Nonlinear Static and Dynamic Analysis of Retrofit of Four-story RC Structures with Concentric Steel Bracing

Abstract

The study investigates the nonlinear seismic behaviors of 4-story retrofitted and non-retrofitted RC frames. The steel V-shaped bracings are used for retrofitting purposes. Nonlinear pushover and dynamic time history analyses were performed using seven earthquake records to assess the impact of retrofitting. The base shear, the fundamental time period (FTP) of the structure, capacity curves, failure patterns, maximum displacements, and maximum drifts are observed in both non-retrofitted RC frame and retrofitted RC frame structures. The steel V-shape bracings are designed to resist 50% of the total base shear of the structure. The steel bracings increase the base shear of the structures and decrease the fundamental time periods.

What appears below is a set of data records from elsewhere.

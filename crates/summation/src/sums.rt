ghost use Rattle.std.specs.Prelude.{◌≡◌, ◌+◌, ◌*◌, ◌/◌, ◌^◌, ◌<◌, if◌then◌else◌};
ghost use Rattle.states.specs.Masses.{total};

use thiserror::Error;

// The masses of all states in which the station works, and of all in which it fails, out of 10^18.
#[derive(Clone, Copy, Debug, PartialEq, Eq)]
pub struct Sums {
    pub working: u64,
    pub failing: u64,
}

// Why states were not summed.
#[derive(Clone, Copy, Debug, PartialEq, Eq, Error)]
pub enum SumError {
    // So more than a million states.
    #[error("more than 20 parts")]
    TooManyParts,
}

impl Sums {
    // The sums with one more state.
    pub(crate) fn with(self, mass: u64, works: bool) -> Sums
        requires { self.working + self.failing + mass < 2 ^ 64 }
        ensures working { result.working ≡ self.working + (if works then mass else 0) }
        ensures failing { result.failing ≡ self.failing + (if works then 0 else mass) }
    {
        if works {
            Sums {
                working: self.working + mass,
                ..self
            }
        } else {
            Sums {
                failing: self.failing + mass,
                ..self
            }
        }
    }

    // The reliability in thousand-millionths of the total, rounded down.
    pub fn reliability(self) -> u64
        ensures { result ≡ 1_000_000_000 * self.working / total }
    {
        self.working / 1_000_000_000
    }
}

Results show that the addition of steel V-bracing increased the base shear capacity from 1676kN to 2215kN and reduced the fundamental time period from 0.881s to 0.512s, indicating a significant improvement in lateral stiffness. Similarly, maximum displacements and inter-story drifts decreased by approximately 60%, demonstrating enhanced ductility and energy dissipation capacity. Adding the steel bracing in the existing structures improves the seismic base shear capacity and ductility of the structures. It also observed that to get the expected failure pattern, a minimum of 50% base shear is required to be resisted by the columns. The V bracings reduced the displacement and drift of the structures. The V-shaped steel bracings improve the seismic behaviors of the structures effectively.